I use it in my hair and love it for that purpose. I like it for my body too, especially for fading dark areas.

ETA: I don't know about it clogging the pores. I don't use it on my face.


----------



## phoenix461 (Nov 10, 2005)

Shea butter, as I understand it comes in different consistencies thus serving a purpose for either the body, hair or face. My moisturizer contains shea butter and it does not clog my pores and my pores clog very easily.


----------



## Liz (Nov 10, 2005)

i used to use it. i forget why. either for dry skin or acne. but i heard you're supposed to use 100% pure shea butter. over here in the US, you can get it at the all natural food stores like whole foods and i think trader joes might have it. i think l'occitane(sp?) has a she butter lotion thing too, but they're more expensive.


----------



## dbrown82 (Nov 10, 2005)

CORRECT........

IT SHOULD BE YELLOW/BROWN IN COLOR AND HAVE A SMOKED SMELL IF IT IS PURE. IF NOT, THEN IT IS REFINED SHEA BUTTER. A USE GHANA SHEA BUTTER FROM LOCAL AFRICAN SHOP'S.


----------



## truthseeker (Nov 10, 2005)

Yes, I LOVE shea butter. I use it in a cream cleanser for my body, use it in a body butter, I also use it in a balm for my lips and use the cream for my under my eyes at night. L'Ocitane has a nice tin of it that you can use for a lot of things and carry with you. You can even order it on some natural/herbal supply companies online. I know Rose Mountain Herbs carries it and so do some other companies for people who make natural, pure things to use at home or have small businesses. There are other companies too that sell in bulk. There are so many uses for it and consistencies. It really is a great oil. If you get a light version it shouldn't clog your pores, I don't think it is comedogenic anyway though. The mineral makeup I use is in compact form because I don't like loose and instead of using some chemical binder, filler or something bad, they use a light version of shea butter. I have no problem with it and I don't break out. It helps it last on my face and keep it moist instead of drying out my skin like a lot mineral makeup. I love shea butter! and I have oily skin and hair, so give it a try, it is definitely nature's beauty secret! Chermarie


----------



## lollipop (Nov 10, 2005)

Thanks sweeties for the replies. Oh yeah also good to know which kinda butter is good for use.  /emoticons/[email protected] 2x" width="20" height="20" />


----------



## LipglossQueen (Nov 10, 2005)

I think 100% Shea Butter should be find to use on your face, Cleopatra used shea butter on her skin lol, does anyone know of where in London I would be able to find some pure shea butter? Also can anyone recommend a good shea butter body cream/lotion, not too expensive though.


----------



## Leony (Jan 17, 2006)

OK, sorry for bumping this post.

Thanks for starting the thread lollipop.

Now could anyone here recommend any 100% shea butter products?

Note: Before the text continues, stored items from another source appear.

/// Appends the code that makes the variables of a routine's own, of which the one that has its result is the first, and
/// answers how many slots the routine has, with those of its `with` statements.
fn make_own(alloc: Global, routine: &UnitRoutine, code: &mut Code) -> Result<u32, NoMemory>
    ensures { IfOk result (λ slots. MakesOwn code.old code.new routine.now slots) }
{
    let variables = routine.variables.items();
    let first = make_result(routine, code)?;
    let made = make_block(alloc, first as usize, variables, &routine.block, code)?;
    with_slots(made, &routine.block)
}

/// Appends the code that makes these variables and the auxiliary ones of a block, from this number on, and answers the first
/// number behind them.
fn make_block(
    alloc: Global,
    first: usize,
    variables: &[UnitVariable],
    block: &TypedStmt,
    code: &mut Code,
) -> Result<u32, NoMemory>
    ensures { IfOk result (λ behind. MakesBlock code.old code.new first variables.now (stmt_of block.now) behind) }
{
    let auxiliaries = block_auxiliaries(alloc, block)?;
    let middle = field_sum(first, variables.len())?;
    let behind = field_sum(middle as usize, auxiliaries.items().len())?;
    make_all(first, variables, code)?;
    make_all(middle as usize, auxiliaries.items(), code)?;
    Ok(behind)
}

/// The slots of so many variables that are made, and of those of a block's `with` statements.
fn with_slots(made: u32, block: &TypedStmt) -> Result<u32, NoMemory>
    ensures { IfOk result (λ slots. slots ≡ made + length (with_variables (stmt_of block.now))) }
{
    field_sum(made as usize, with_count(block))
}

/// How many slots the frame of a unit has: one for each of its variables, with the auxiliary ones of its start and its stop.
fn unit_slots(alloc: Global, u: &Unit) -> Result<u32, NoMemory>
    ensures { IfOk result (λ slots. slots ≡ length (unit_variables u.now)) }
{
    let auxiliaries = unit_auxiliaries(alloc, u)?;
    let made = field_sum(u.variables.items().len(), auxiliaries.items().len())?;
    unit_with_slots(made, u)
}

/// The slots of so many variables that are made, and of those of the `with` statements of a unit's start and its stop.
fn unit_with_slots(made: u32, u: &Unit) -> Result<u32, NoMemory>
    ensures { IfOk result (λ slots. slots ≡ made + length (with_variables (unit_block u.now))) }
{
    field_sum(made as usize, unit_with_count(u))
}

/// Appends the code that makes the variables of a unit: those that it declares, and the auxiliary ones of its start and its
/// stop.
fn make_unit(alloc: Global, u: &Unit, code: &mut Code) -> Result<(), NoMemory>
    ensures { OnOk result (Follows code.old code.new (make_all_code 0 (made_by_unit u.now))) }
{
    let auxiliaries = unit_auxiliaries(alloc, u)?;
    let variables = u.variables.items();
    make_all(0, variables, code)?;
    make_all(variables.len(), auxiliaries.items(), code)
}

/// Appends the code that makes the variable of a function's result, and answers the number of the first variable behind.
fn make_result(routine: &UnitRoutine, code: &mut Code) -> Result<u32, NoMemory>
    ensures { IfOk result (λ first. MakesResult code.old code.new routine.now first) }
{
    let slot = field_number(routine.formals.items().len())?;
    match &routine.result {
        None => Ok(slot),
        Some(result) => {
            let behind = field_sum(slot as usize, 1)?;
            code.line = routine.line;
            elaborate(&result.denoter, code)?;
            emit(code, op::MAKE, slot as i64, 0)?;
            Ok(behind)
        }
    }
}

/// Appends the code with which a routine ends. A function has its result in the variable of this number.
fn end_routine(
    types: &[UnitType],
    ordinals: &OrdinalTypes,
    routine: &UnitRoutine,
    number: u32,
    code: &mut Code,
) -> Result<(), NoMemory>
    requires { Knows types.now ordinals.now }
    ensures { OnOk result (AppendsEnd code.old code.new types.now routine.now number) }
{
    match &routine.result {
        None => {
            code.line = NO_LINE;
            emit(code, op::RETURN, 0, 0)
        }
        Some(result) => {
            code.line = routine.line;
            end_function(types, ordinals, &result.denoter, number, code)
        }
    }
}

/// Appends the code with which a function with a result of this denoter ends.
fn end_function(
    types: &[UnitType],
    ordinals: &OrdinalTypes,
    denoter: &Denoter,
    number: u32,
    code: &mut Code,
) -> Result<(), NoMemory>
    requires { Knows types.now ordinals.now }
    ensures { OnOk result (Grows code.old code.new (function_end
        (host_of types.now (denoter_of denoter.now)) code.old.line number (length code.old.instructions))) }
{
    if ordinals.has(types, denoter) {
        return give_result(number, code);
    }
    emit(code, op::SLOT, number as i64, 0)?;
    emit(code, op::LOAD, 0, 0)?;
    emit(code, op::RETURN, 0, 0)
}

/// Appends the code with which a function ends: it leaves the value of the variable of this number, or ends with an error
/// where that is undefined.
fn give_result(number: u32, code: &mut Code) -> Result<(), NoMemory>
    ensures { OnOk result (Grows code.old code.new (result_code code.old.line number (length code.old.instructions))) }
{
    emit(code, op::SLOT, number as i64, 0)?;
    emit(code, op::DUP, 0, 0)?;
    emit(code, op::DEFINED, 0, 0)?;
    let jump = next_place(code)?;
    emit(code, op::JUMP_FALSE, (jump as u64 + 3) as i64, 0)?;
    emit(code, op::LOAD, 0, 0)?;
    emit(code, op::RETURN, 0, 0)?;
    emit(code, op::FAIL, run_error::RESULT_UNDEFINED as i64, 0)
}

/// The object of the code. Its tables take memory for their items alone, which are moved.
fn assemble(
    alloc: Global,
    name: Name,
    code: Code,
    routines: CodeRoutines,
    start: u32,
    unit_slots: u32,
) -> Result<Object, NoMemory>
    requires { start + 1 < 2 ^ 32 }
    ensures { IfOk result (λ o. o ≡ assembled name code routines start unit_slots) }
{
    let texts = code.texts.into_texts(alloc)?;
    let references = code.references.into_references(alloc)?;
    Ok(Object {
        module: false,
        name,
        interface: List::new(alloc),
        imports: List::new(alloc),
        references,
        texts,
        constant_types: code.constant_types,
        routines,
        unit_slots,
        start,
        stop: start + 1,
        instructions: code.instructions,
    })
}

I know only L'Occitane sheabutter cream product though, I tried it and I quite like it but I hate the price lol.

TIA


----------



## Leony (Jan 17, 2006)

Thanks a lot Kim!

I hope they ship international, if not I'll try Ebay or other JP import website.


----------



## hissycat (Jan 17, 2006)

I didn't know you could use shea butter straight. I LOVE all my products that have shea butter in them (body lotion, lip balm...)


----------



## fala707 (Jan 21, 2006)

I use 100% natural shea butter for my hair skin and face. I rub a little between my hands to melt it then put a thin layer on my face in the winter. I have not had any clogged pores or breakouts.


----------



## smilingface (Jan 22, 2006)

I love using black soap and shea butter. I have never used shea butter on my face though. I am afraid it would be too heavy. I get my black soap and shea butter from Nasabb.com.


----------



## Leony (Jan 23, 2006)

Welcome to MUT Fala  /emoticons/[email protected] 2x" width="20" height="20" />


----------



## LadyEmilyRep (Jan 23, 2006)

I sell my Shea Butter Creme to breast cancer patients during their treatments. It is moisture to the MAX!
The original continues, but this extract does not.